No entanto, ainda que, desde o início do conflito, continue a ser difícil obter informações fidedignas sobre o comportamento dos beligerantes e sobre a forma como trataram as populações civis, sabemos que as Nações Unidas têm denunciado possíveis crimes de guerra e contra humanidade, comprometidos "em graus variados" por todas as partes envolvidas. Os abusos cometidos pelas milícias Amhara foram descritos por organizações de direitos humanos como práticas de “limpeza étnica”. Forças federais e eritreias massacradas populações civis em várias ocasiões em diferentes cidades de Tigray. Centenas de pessoas foram vítimas de estupro e escravidão sexual, práticas utilizadas pelas forças governamentais e seus aliados como arma de guerra. E, dissemos, o a fome foi usada para desmoralizar as pessoas apoiando a resistência Tigrayan.

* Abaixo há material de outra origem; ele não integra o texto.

//! A run: a script's bytes in, its transcript out.
ghost use Rattle.std.specs.Prelude.{◌≡◌, ◌≢◌, ◌+◌, ◌<◌, ◌≤◌, ◌⊎◌, ℕ, List, length, is_err, IfOk, IfSome, true, false};
ghost use Rattle.std.specs.Io.KnownBytes.{Appends};
ghost use Rattle.event_file.specs.Causes.{refusals};
ghost use Rattle.event_file.specs.Lines.{answered_lines, no_line};
ghost use Rattle.route_main.specs.Progress.{fresh};
ghost use Rattle.event_file.specs.Runs.{IsUndisturbed};
ghost use Rattle.event_file.specs.Transcript.{IsTranscript, has_bad_line, transcript_of};
ghost use Rattle.route_main.specs.Ends.{Ends, EndsBy, EndsComputed, EndsCounted, IsAnswered};
ghost use Rattle.memory.specs.Refusing.{Rises};

mod answerer;

use answerer::Answerer;
use event_file::laws::{computed_has_memory, each_refusal_is_counted, others_leave_the_text};
use event_file::{Counted, LineBuffer};
use memory::Memory;
use program_ends::Outcome;
use std::alloc::{AllocError, Global};
use std::io::{Read, Write};

/// The most reads of a run. The one that tells the end of the script is one of them.
const MOST_READS: u64 = 16_777_216;

/// The room that each read is given, in bytes.
const READ_ROOM: usize = 4096;

/// Reads a script, and writes its transcript: each line is answered, and its answer written, before the next is
/// looked at; what was written is flushed before each read and at the end. The run itself takes memory at the start
/// alone; a command that wants some and gets none is answered `err 55`. A last line without a newline is answered at
/// the end of the script, but not where a read fault comes first. How often memory was refused is counted.
pub(crate) fn run<R: Read, W: Write>(
    alloc: Global,
    reader: &mut Counted<R>,
    writer: &mut Counted<W>,
    memory: &mut Memory,
) -> Outcome
    requires no_read { reader.old.reads ≡ 0 }
    requires no_read_failure { reader.old.failures ≡ 0 }
    requires no_write_failure { writer.old.failures ≡ 0 }

    // Where all lines were answered, what was written is a transcript of the whole script, and nothing else.
    ensures transcript { IsAnswered result → IfSome (R.remaining reader.old.inner) (λ script. (text : List ℕ)
        × Appends (W.contents writer.old.inner) (W.contents writer.new.inner) text × IsTranscript script text) }
    ensures done { result ≡ Outcome.Done → IfSome (R.remaining reader.old.inner) (λ script.
        has_bad_line (answered_lines script) ≡ false) }
    ensures bad_line { result ≡ Outcome.BadLine → IfSome (R.remaining reader.old.inner) (λ script.
        has_bad_line (answered_lines script) ≡ true) }

    // And no listener disturbs another in that transcript: what others open, close and read, the losses that they
    // ask for and the loopback that they turn change no byte of what is answered to one.
    ensures undisturbed { result ≡ Outcome.Done → IfSome (R.remaining reader.old.inner) (λ script. (text : List ℕ)
        × Appends (W.contents writer.old.inner) (W.contents writer.new.inner) text × IsTranscript script text
        × IsUndisturbed script text) }

    // What was read and written is said for each outcome.
    ensures ends { Ends result (R.remaining reader.old.inner) (R.remaining reader.new.inner)
        (W.contents writer.old.inner) (W.contents writer.new.inner) }
    ensures reads { reader.new.reads ≤ MOST_READS }
    ensures most_reads { MOST_READS ≡ 16777216 }
    ensures room { READ_ROOM ≤ reader.old.least_room → READ_ROOM ≤ reader.new.least_room }
    ensures read_room { READ_ROOM ≡ 4096 }

    // Before each read all that was answered is flushed, and at the end too.
    ensures prompt { writer.old.unflushed ≡ false → reader.new.early_reads ≡ reader.old.early_reads }
    ensures flushed { writer.old.unflushed ≡ false → result ≢ Outcome.WriteFault → writer.new.unflushed ≡ false }
    ensures reads_needed { IfSome (R.remaining reader.old.inner) (λ script. reader.new.reads ≤ length script + 1) }

    // A run goes on as long as no read and no write fails, and a fault comes only where one failed, or the reads are
    // spent on a script of at least as many bytes; and without memory nothing begins.
    ensures unfailed { IsAnswered result → (reader.new.failures ≡ 0) × (writer.new.failures ≡ 0) }
    ensures read_fault { result ≡ Outcome.ReadFault → (reader.new.failures ≡ 1) ⊎ ((reader.new.reads ≡ MOST_READS)
        × IfSome (R.remaining reader.old.inner) (λ script. MOST_READS ≤ length script)) }
    ensures unfailed_writes { result ≡ Outcome.ReadFault → writer.new.failures ≡ 0 }
    ensures write_fault { result ≡ Outcome.WriteFault → writer.new.failures ≡ 1 }
    ensures unfailed_reads { result ≡ Outcome.WriteFault → reader.new.failures ≡ 0 }
    ensures no_memory { result ≡ Outcome.NoMemory → (reader.new ≡ reader.old) × (writer.new ≡ writer.old) }

    // The count rises with each line `err 55` of the transcript, and where nothing could begin, and for nothing else.
    ensures counted { EndsCounted result (R.remaining reader.old.inner) (R.remaining reader.new.inner)
        (W.contents writer.old.inner) (W.contents writer.new.inner) memory.old memory.new }
    ensures unbegun { result ≡ Outcome.NoMemory → memory.old < memory.new }
    ensures short { memory.old < memory.new → EndsBy (λ script text. 1 ≤ refusals text) result
        (R.remaining reader.old.inner) (R.remaining reader.new.inner)
        (W.contents writer.old.inner) (W.contents writer.new.inner) }

    // So where it stands, what was written is what the machine computes, without a line `err 55`: all of it where all
    // lines were answered, and else of as many lines as `ends` says.
    ensures exact { memory.new ≡ memory.old → IsAnswered result → IfSome (R.remaining reader.old.inner) (λ script.
        Appends (W.contents writer.old.inner) (W.contents writer.new.inner) (transcript_of script)) }
    ensures computed { memory.new ≡ memory.old → EndsComputed result (R.remaining reader.old.inner)
        (R.remaining reader.new.inner) (W.contents writer.old.inner) (W.contents writer.new.inner) }
{
    // Facts for the proof, on which `undisturbed`, `short` and `computed` rest.
    others_leave_the_text();
    each_refusal_is_counted();
    computed_has_memory();
    let Ok(mut start) = Start::new(alloc, memory) else {
        return Outcome::NoMemory;
    };
    answer_script(
        &mut start.answerer,
        &mut start.line,
        &mut start.chunk,
        reader,
        writer,
        memory,
    )
}

/// What a run takes memory for.
#[derive(Drop)]
struct Start {
    line: LineBuffer,
    chunk: Vec<u8>,
    answerer: Answerer,
}

impl Start {
    /// No line, the room of a read, and the empty world.
    fn new(alloc: Global, memory: &mut Memory) -> Result<Start, AllocError>
        ensures line { IfOk result (λ start. start.line ≡ no_line) }
        ensures chunk { IfOk result (λ start. length start.chunk.items ≡ READ_ROOM) }
        ensures answerer { IfOk result (λ start. start.answerer ≡ fresh) }
        ensures counted { Rises (is_err result) memory.old memory.new }
    {
        let line = LineBuffer::new(alloc, memory)?;
        let chunk = memory.zeros(alloc, READ_ROOM)?;
        let answerer = Answerer::new(alloc, memory)?;
        Ok(Start {
            line,
            chunk,
            answerer,
        })
    }
}

/// Reads the script to its end, or to a fault, and answers its lines.
fn answer_script<R: Read, W: Write>(
    answerer: &mut Answerer,
    line: &mut LineBuffer,
    chunk: &mut [u8],
    reader: &mut Counted<R>,
    writer: &mut Counted<W>,
    memory: &mut Memory,
) -> Outcome
    requires fresh { answerer.old ≡ fresh }
    requires line { line.old ≡ no_line }
    requires room { length chunk.old ≡ READ_ROOM }
    requires no_read { reader.old.reads ≡ 0 }
    requires no_read_failure { reader.old.failures ≡ 0 }
    requires no_write_failure { writer.old.failures ≡ 0 }
    ensures counted { EndsCounted result (R.remaining reader.old.inner) (R.remaining reader.new.inner)
        (W.contents writer.old.inner) (W.contents writer.new.inner) memory.old memory.new }
    ensures reads { reader.new.reads ≤ MOST_READS }
    ensures reads_needed { IfSome (R.remaining reader.old.inner) (λ script. reader.new.reads ≤ length script + 1) }
    ensures room { READ_ROOM ≤ reader.old.least_room → READ_ROOM ≤ reader.new.least_room }
    ensures prompt { writer.old.unflushed ≡ false → reader.new.early_reads ≡ reader.old.early_reads }
    ensures flushed { writer.old.unflushed ≡ false → result ≢ Outcome.WriteFault → writer.new.unflushed ≡ false }
    ensures unfailed { IsAnswered result → (reader.new.failures ≡ 0) × (writer.new.failures ≡ 0) }
    ensures read_fault { result ≡ Outcome.ReadFault → (reader.new.failures ≡ 1) ⊎ ((reader.new.reads ≡ MOST_READS)
        × IfSome (R.remaining reader.old.inner) (λ script. MOST_READS ≤ length script)) }
    ensures unfailed_writes { result ≡ Outcome.ReadFault → writer.new.failures ≡ 0 }
    ensures write_fault { result ≡ Outcome.WriteFault → writer.new.failures ≡ 1 }
    ensures unfailed_reads { result ≡ Outcome.WriteFault → reader.new.failures ≡ 0 }
    ensures begun { result ≢ Outcome.NoMemory }
{
    for _turn in 0..MOST_READS {
        let Ok(taken) = reader.read_behind(writer, chunk) else {
            return Outcome::ReadFault;
        };
        if taken == 0 {
            return answerer.finish(line, writer, memory);
        }
        let Ok(()) = answerer.answer_bytes(line, &chunk[..taken], writer, memory) else {
            return Outcome::WriteFault;
        };
        let Ok(()) = writer.flush() else {
            return Outcome::WriteFault;
        };
    }
    Outcome::ReadFault
}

As forças rebeldes Tigrayan também abusos cometidos quando ocupavam áreas fora de sua própria região. Vítimas e sobreviventes merecem ter esses crimes documentados. Alguns podem sugerir que insistir no trabalho investigativo e na realização de um processo judicial pode prejudicar uma trégua que permanece frágil. No entanto, não podemos criar condições para uma paz duradoura optando por ignorar os crimes cometidos e opondo a estabilidade à mobilização dos mecanismos do direito internacional humanitário. Se os supostos autores desses crimes não prestarem contas de suas ações, eles correm o risco de se repetir. Sem justiça, as comunidades brutalizadas não podem ser alcançadas para reconhecer a legitimidade de um poder que oculta a violência que sofreram.

Gassier Marinho, Pesquisador, especialista em conflitos e no Chifre da África, Sciences Po

Este artigo foi republicado a partir de A Conversação sob licença Creative Commons. Leia oartigo original.